Her projects frequently include youth artists and community components, and her partnerships span a wide range of Baltimore organizations. Across these collaborations, she returns to a consistent commitment: creating space for voices, especially young voices, whose perspective is not yet constrained by the assumptions adults often carry.

McCann loves the way young artists see possibility, how they can glimpse not only what is, but what could be. She talks about young people’s moral clarity as something precious, and as something communities need if they hope to change.

Serendipity #4

That sense of care was at the center of How We Are Healing, a recent exhibition curated in partnership with the Keswick Wise & Well Center. Developed during the pandemic, the show invited artists to respond to collective trauma, grief, and isolation through work that emphasized connection. McCann remembers one artist’s “grief vessels,” small ceramic forms meant to hold tears. Another artist created fabric pieces based on drawings of her brothers. The works weren’t simply responses to COVID-era conditions; they were acts of processing and remembrance.

What stayed with McCann was not only the art, but the partnership model itself. Presenting work in a health center required protocols and structure, systems for safety that came from medical expertise rather than art-world improvisation. For McCann, the collaboration was powerful precisely because it merged skill sets: the health center opened its space to artists and ideas it didn’t typically host, and McCann brought art into an environment grounded in wellness and public care. The result was more than an exhibition; it was a shared framework for healing.

Serendipity #5

If McCann’s curatorial work builds containers for collective reflection, her professional life in nonprofit leadership builds the scaffolding that makes those containers possible. Over time, she discovered fundraising not as a separate administrative burden, but as a creative and strategic discipline. After grad school, she taught extensively in after-school settings, drawn to the ways young people can imagine beyond present limitations. Later, she stepped into a maternity-leave role in development work at Baltimore Clayworks and found she genuinely enjoyed it. 

Serendipity #6

Leadership came next: a shift from doing everything herself to creating space for others. McCann describes her career as a cycle through different layers of work, each one deepening her understanding of what communities need to thrive. Today, she applies that experience as Director of Partnerships at Fusion Partnerships and as an organizational consultant, helping artists and arts organizations increase visibility, strengthen networks, and pursue financial sustainability and equity.

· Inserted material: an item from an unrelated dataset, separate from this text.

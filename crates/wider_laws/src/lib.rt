// No code: what was so under the limits before document 02 raised them is so under those in force.
#![tactic(auto)]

If there is a place that embodies this collaborative spirit for McCann, it is Baltimore. She calls it “a place for the arts with a supportive community,” where telling enough people what you want to do often leads to a connection, a space, or a partner. Many of her projects, she says, have happened because she kept talking about them and someone responded with possibility.

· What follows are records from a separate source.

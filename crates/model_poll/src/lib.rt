// The data of a poll (document 02, wish 6), with no function: what the definitions in specs/ and every other crate speak of. A poll is an
// adopt-commit object: a `model::Session` whose round limit is its window, in which each process that walks its rounds to the end gets an
// answer. Its own data are the answers.
#![tactic(auto)]

use model::Session;

// What a turn gives its process (02, wish 6: it "answers committed with its value", it "answers adopted with its value").
// Kept: a case for none and no Option, since definitions and theorems speak of it (`answer_of`, `PollRule`).
#[derive(Clone, Copy)]
pub enum Answer {
    Pending, // none yet
    Commits(u32), // committed
    Adopts(u32), // adopted
}

// What an accepted turn leaves: the poll after it, and what the process got.
#[derive(Clone, Copy)]
pub struct Polled {
    pub session: Session,
    pub answer: Answer,
}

She now works in the Highlandtown Arts District, which she describes as a microcosm of Baltimore’s creative ecosystem. First Friday art walks spill beyond gallery doors into businesses and streets; participation is communal. It’s a place where art is not held apart from daily life but woven into it.

Serendipity #7

She speaks with particular gratitude about the mentors who shaped her trajectory. The faculty, she remembers, didn’t just support students’ ideas; they challenged students to think bigger, to trust their capacity, and to make work that matched the scale of their values.

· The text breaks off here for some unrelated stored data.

// The lines of a report (01, "The board report"), put on a page.
#![tactic(auto)]

ghost use Rattle.std.specs.Prelude.{◌≡◌, ◌++◌, ◌≤◌, length, take};
ghost use Rattle.model.specs.Answers.{told_ended, told_ran, told_run};
ghost use Rattle.model_report.specs.Report.{newline, outcome_line, tally_line, closed_word, board_line, seat_lines, report_of};
ghost use Rattle.use_report_lines.specs.Numbered.{told_ending, told_numbered};
ghost use Rattle.use_text.specs.Page.{page_size, Put};

use model::{Counts, Ended, Process, Refusal, Run, Session};
use use_report_seats::put_seats;
use use_text::Page;

// How a run ended, or that its sheet was refused, with the number of the refusal.
// Kept: a number and no `Refusal`, since any number may stand for a refusal here, also one that no refusal has.
#[derive(Clone, Copy)]
pub enum Ending {
    Finished,
    Refused(u32, usize),
    BudgetEnded,
    Rejected(u32),
}

// A run with such an ending: how many entries were carried out, the session and the counts after them. Where the sheet was refused, these
// may be any, and the report has none of them.
#[derive(Clone, Copy)]
pub struct Ran {
    pub carried: usize,
    pub session: Session,
    pub counts: Counts,
    pub ending: Ending,
}

// The ending of a run, with the refusal's number.
fn numbered(ended: Ended) -> Ending
    ensures { told_ending result ≡ told_ended ended }
{
    match ended {
        Ended::Finished => Ending::Finished,
        Ended::Refused(refusal, index) => Ending::Refused(refusal.number(), index),
        Ended::BudgetEnded => Ending::BudgetEnded,
    }
}

// 01: "outcome refused CODE INDEX", "sheet refused CODE", "outcome finished" and "the number of entries carried out".
#[tactic(auto, using(use_text::specs::Page::same))]
fn put_outcome(page: &mut Page, ending: Ending, carried: usize)
    ensures { Put page.old (outcome_line (told_ending ending) carried) page.new }
{
    match ending {
        Ending::Refused(number, index) => page.put_line(
            b"outcome refused",
            &[number as usize, index],
        ),
        Ending::Rejected(number) => page.put_line(b"sheet refused", &[number as usize]),
        Ending::Finished | Ending::BudgetEnded => page.put_line(b"outcome finished", &[carried]),
    }
}

// "The tally line is reads, writes, contested".
fn put_tally(page: &mut Page, c: Counts)
    ensures { Put page.old (tally_line c) page.new }
{
    page.put_line(
        b"tally",
        &[c.reads as usize, c.writes as usize, c.contested as usize],
    );
}

// 02, wish 10: "The board line gains a third field, "open" or "closed"." With the line's end.
fn put_closed(page: &mut Page, closed: bool)
    ensures { Put page.old (closed_word closed ++ newline) page.new }
{
    if closed {
        page.put_words(b" closed\n")
    } else {
        page.put_words(b" open\n")
    }
}

// 01: "the board line is the highest filled round (0 for none) and D"; the third field is the closed mark.
fn put_board(page: &mut Page, s: &Session)
    ensures { Put page.old (board_line s.now) page.new }
{
    let top = use_report_highest::highest(&s.values);
    page.put_fields(b"board", &[top, s.decision as usize]);
    put_closed(page, s.closed);
}

// The lines behind the outcome, of a sheet that is not refused: the tally, the board and the seats.
fn put_more(page: &mut Page, s: &Session, c: Counts)
    ensures { Put page.old (tally_line c ++ board_line s.now ++ seat_lines 0 (take s.now.n s.now.processes)) page.new }
{
    put_tally(page, c);
    put_board(page, s);
    put_seats(page, s);
}

// The report of a run that is not refused: the outcome, the tally, the board and the seats.
fn put_run(page: &mut Page, run: &Run)
    ensures lines { Put page.old (report_of (told_ran run.now)) page.new }
    ensures fits { length (report_of (told_ran run.now)) ≤ page_size }
{
    put_outcome(page, numbered(run.ended), run.carried);
    put_more(page, &run.session, run.counts);
    // A session has 64 records, so the text fits.
    let records: &[Process] = &run.session.processes;
    prove!(records.len() == 64);
}

// The report of a run, which fits on a page. "A refused sheet gives only" its line.
// Kept: that it fits is said here and above, since a caller does not see that a run's session has 64 records (tried in `use_report_text`).
pub fn put_lines(page: &mut Page, ran: &Result<Run, Refusal>)
    ensures lines { Put page.old (report_of (told_run ran.now)) page.new }
    ensures fits { length (report_of (told_run ran.now)) ≤ page_size }
{
    match ran {
        Ok(run) => put_run(page, run),
        Err(refusal) => put_outcome(page, Ending::Rejected(refusal.number()), 0),
    }
}

// The same of a run with any numbers.
pub fn put_numbered(page: &mut Page, ran: &Ran)
    ensures lines { Put page.old (report_of (told_numbered ran.now)) page.new }
    ensures fits { length (report_of (told_numbered ran.now)) ≤ page_size }
{
    // A session has 64 records, so the text fits.
    let records: &[Process] = &ran.session.processes;
    prove!(records.len() == 64);
    put_outcome(page, ran.ending, ran.carried);
    match ran.ending {
        Ending::Rejected(_) => {}
        Ending::Finished | Ending::Refused(..) | Ending::BudgetEnded => {
            put_more(page, &ran.session, ran.counts)
        }
    }
}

In many ways, that’s the story of Sarah McCann’s practice: building portals between worlds that are too often separated. Her materials may be text, tile, ink, and image, but her deeper medium is connection. She creates spaces where people can gather and see themselves more clearly—where communities can ask questions that matter, and where artists can feel supported not only to make, but to endure.

“I’m just grateful,” she says, looking back on the coincidences and choices that led her here. “It’s been a series of serendipitous moments, but also a willingness to follow them.”